» Try it
Retype the material below, keeping each line identical.

(Provided information begins)

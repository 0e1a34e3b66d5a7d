// A host that hands an input over in pieces and lends little room for output. A long input and what is printed are not held whole: the
// input's bytes come from the file's text as a piece is filled, and what is printed is handed on as it comes.
ghost use Rattle.std.specs.Prelude.{◌≤◌, length};

use script::runner::Runner;
use script::{buffer, runner};
use std::alloc::{AllocError, Global};
use std::ops::ControlFlow;

// How many bytes a piece has, and for how many bytes of output there is room.
#[derive(Clone, Copy)]
pub struct Cut {
    pub piece: usize,
    pub room: usize,
}

// How many bytes of input there is room for.
const ROOM: usize = 65536;

// The most bytes of a line.
const LONGEST: usize = 255;

// The bytes of an input that are still to come: those that are begun, then a part so many more times, and then the end.
#[derive(Clone, Copy)]
pub struct Input<'a> {
    begun: &'a [u8],
    part: &'a [u8],
    again: usize,
    end: &'a [u8],
}

impl<'a> Input<'a> {
    // A text, split where a part of it comes again. A part without bytes does not.
    pub fn new(front: &'a [u8], part: &'a [u8], again: usize, end: &'a [u8]) -> Input<'a> {
        Input {
            begun: front,
            part,
            again: if part.is_empty() { 0 } else { again },
            end,
        }
    }

    fn is_empty(&self) -> bool {
        self.begun.is_empty() && self.again == 0 && self.end.is_empty()
    }

    fn byte(&mut self) -> Option<u8> {
        if self.begun.is_empty() {
            if self.again == 0 {
                self.begun = self.end;
                self.end = &[];
            } else {
                self.begun = self.part;
                self.again -= 1;
            }
        }
        let (byte, later) = self.begun.split_first()?;
        self.begun = later;
        Some(*byte)
    }

    // Puts the next `piece` bytes into the room, as far as there are any and there is room, and says how many came.
    fn read(&mut self, room: &mut [u8], piece: usize) -> usize
        ensures { result ≤ length room.old }
    {
        let most = piece.min(room.len());
        for (came, slot) in room[..most].iter_mut().enumerate() {
            match self.byte() {
                Some(byte) => *slot = byte,
                None => return came,
            }
        }
        most
    }
}

// What takes the output of a run, piece by piece.
pub trait Sink {
    fn take(&mut self, printed: &[u8]) -> Result<(), AllocError>;
}

impl Sink for Vec<u8> {
    fn take(&mut self, printed: &[u8]) -> Result<(), AllocError> {
        self.extend_from_slice(printed)
    }
}

// What of an earlier run's output is still to come, or none where something else came.
#[derive(Clone, Copy)]
pub struct Again<'a> {
    rest: Option<&'a [u8]>,
}

impl<'a> Again<'a> {
    pub fn new(whole: &'a [u8]) -> Again<'a> {
        Again { rest: Some(whole) }
    }

    // Whether all of it came, and nothing else.
    pub fn is_same(&self) -> bool {
        self.rest.is_some_and(|rest| rest.is_empty())
    }
}

impl Sink for Again<'_> {
    fn take(&mut self, printed: &[u8]) -> Result<(), AllocError> {
        self.rest = self.rest.and_then(|rest| rest.strip_prefix(printed));
        Ok(())
    }
}

// A run of an input. The first `have` bytes of what is held are still to be used.
#[derive(Drop)]
struct Host<'a> {
    runner: Runner,
    input: Input<'a>,
    held: [u8; ROOM],
    have: usize,
    output: Vec<u8>,
    ghost within: { have ≤ length held },
}

impl Host<'_> {
    // A piece is handed over only where no more than a line is held: more means that there was no room for output.
    fn fill(&mut self, piece: usize) {
        if LONGEST < self.have {
            return;
        }
        let room = &mut self.held[self.have..];
        let came = self.input.read(room, piece);
        self.have += came;
    }

    // The lines that are whole by now, and their answers handed on. The run is over where a call does nothing and either the
    // input has ended or more is held than a line can have.
    fn turn(&mut self, sink: &mut impl Sink) -> Result<ControlFlow<()>, AllocError> {
        let ended = self.input.is_empty();
        let ran = runner::run(
            self.runner,
            &self.held[..self.have],
            ended,
            &mut self.output,
        );
        self.runner = ran.runner;
        sink.take(&self.output[..ran.wrote])?;
        self.have = buffer::keep(&mut self.held, ran.used, self.have);
        let idle = ran.used == 0 && ran.wrote == 0;
        if idle && (ended || LONGEST < self.have) {
            return Ok(ControlFlow::Break(()));
        }
        Ok(ControlFlow::Continue(()))
    }
}

// Runs the input, and hands on all that it prints. No handle lets a loop here run for ever, so it has a number of turns that no
// run uses up.
pub fn run(alloc: Global, input: Input, cut: Cut, sink: &mut impl Sink) -> Result<(), AllocError> {
    let mut host = Host {
        runner: Runner::new(),
        input,
        held: [0; ROOM],
        have: 0,
        output: vec![in alloc; 0; cut.room]?,
    };
    for _ in 0..u64::MAX {
        host.fill(cut.piece);
        if host.turn(sink)?.is_break() {
            break;
        }
    }
    Ok(())
}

(Provided information ends)

» Answer to the problem
repository 0e1a34e3b66d5a7d
// A host that hands an input over in pieces and lends little room for output. A long input and what is printed are not held whole: the
// input's bytes come from the file's text as a piece is filled, and what is printed is handed on as it comes.
ghost use Rattle.std.specs.Prelude.{◌≤◌, length};

use script::runner::Runner;
use script::{buffer, runner};
use std::alloc::{AllocError, Global};
use std::ops::ControlFlow;

// How many bytes a piece has, and for how many bytes of output there is room.
#[derive(Clone, Copy)]
pub struct Cut {
    pub piece: usize,
    pub room: usize,
}

// How many bytes of input there is room for.
const ROOM: usize = 65536;

// The most bytes of a line.
const LONGEST: usize = 255;

// The bytes of an input that are still to come: those that are begun, then a part so many more times, and then the end.
#[derive(Clone, Copy)]
pub struct Input<'a> {
    begun: &'a [u8],
    part: &'a [u8],
    again: usize,
    end: &'a [u8],
}

impl<'a> Input<'a> {
    // A text, split where a part of it comes again. A part without bytes does not.
    pub fn new(front: &'a [u8], part: &'a [u8], again: usize, end: &'a [u8]) -> Input<'a> {
        Input {
            begun: front,
            part,
            again: if part.is_empty() { 0 } else { again },
            end,
        }
    }

    fn is_empty(&self) -> bool {
        self.begun.is_empty() && self.again == 0 && self.end.is_empty()
    }

    fn byte(&mut self) -> Option<u8> {
        if self.begun.is_empty() {
            if self.again == 0 {
                self.begun = self.end;
                self.end = &[];
            } else {
                self.begun = self.part;
                self.again -= 1;
            }
        }
        let (byte, later) = self.begun.split_first()?;
        self.begun = later;
        Some(*byte)
    }

    // Puts the next `piece` bytes into the room, as far as there are any and there is room, and says how many came.
    fn read(&mut self, room: &mut [u8], piece: usize) -> usize
        ensures { result ≤ length room.old }
    {
        let most = piece.min(room.len());
        for (came, slot) in room[..most].iter_mut().enumerate() {
            match self.byte() {
                Some(byte) => *slot = byte,
                None => return came,
            }
        }
        most
    }
}

// What takes the output of a run, piece by piece.
pub trait Sink {
    fn take(&mut self, printed: &[u8]) -> Result<(), AllocError>;
}

impl Sink for Vec<u8> {
    fn take(&mut self, printed: &[u8]) -> Result<(), AllocError> {
        self.extend_from_slice(printed)
    }
}

// What of an earlier run's output is still to come, or none where something else came.
#[derive(Clone, Copy)]
pub struct Again<'a> {
    rest: Option<&'a [u8]>,
}

impl<'a> Again<'a> {
    pub fn new(whole: &'a [u8]) -> Again<'a> {
        Again { rest: Some(whole) }
    }

    // Whether all of it came, and nothing else.
    pub fn is_same(&self) -> bool {
        self.rest.is_some_and(|rest| rest.is_empty())
    }
}

impl Sink for Again<'_> {
    fn take(&mut self, printed: &[u8]) -> Result<(), AllocError> {
        self.rest = self.rest.and_then(|rest| rest.strip_prefix(printed));
        Ok(())
    }
}

// A run of an input. The first `have` bytes of what is held are still to be used.
#[derive(Drop)]
struct Host<'a> {
    runner: Runner,
    input: Input<'a>,
    held: [u8; ROOM],
    have: usize,
    output: Vec<u8>,
    ghost within: { have ≤ length held },
}

impl Host<'_> {
    // A piece is handed over only where no more than a line is held: more means that there was no room for output.
    fn fill(&mut self, piece: usize) {
        if LONGEST < self.have {
            return;
        }
        let room = &mut self.held[self.have..];
        let came = self.input.read(room, piece);
        self.have += came;
    }

    // The lines that are whole by now, and their answers handed on. The run is over where a call does nothing and either the
    // input has ended or more is held than a line can have.
    fn turn(&mut self, sink: &mut impl Sink) -> Result<ControlFlow<()>, AllocError> {
        let ended = self.input.is_empty();
        let ran = runner::run(
            self.runner,
            &self.held[..self.have],
            ended,
            &mut self.output,
        );
        self.runner = ran.runner;
        sink.take(&self.output[..ran.wrote])?;
        self.have = buffer::keep(&mut self.held, ran.used, self.have);
        let idle = ran.used == 0 && ran.wrote == 0;
        if idle && (ended || LONGEST < self.have) {
            return Ok(ControlFlow::Break(()));
        }
        Ok(ControlFlow::Continue(()))
    }
}

// Runs the input, and hands on all that it prints. No handle lets a loop here run for ever, so it has a number of turns that no
// run uses up.
pub fn run(alloc: Global, input: Input, cut: Cut, sink: &mut impl Sink) -> Result<(), AllocError> {
    let mut host = Host {
        runner: Runner::new(),
        input,
        held: [0; ROOM],
        have: 0,
        output: vec![in alloc; 0; cut.room]?,
    };
    for _ in 0..u64::MAX {
        host.fill(cut.piece);
        if host.turn(sink)?.is_break() {
            break;
        }
    }
    Ok(())
}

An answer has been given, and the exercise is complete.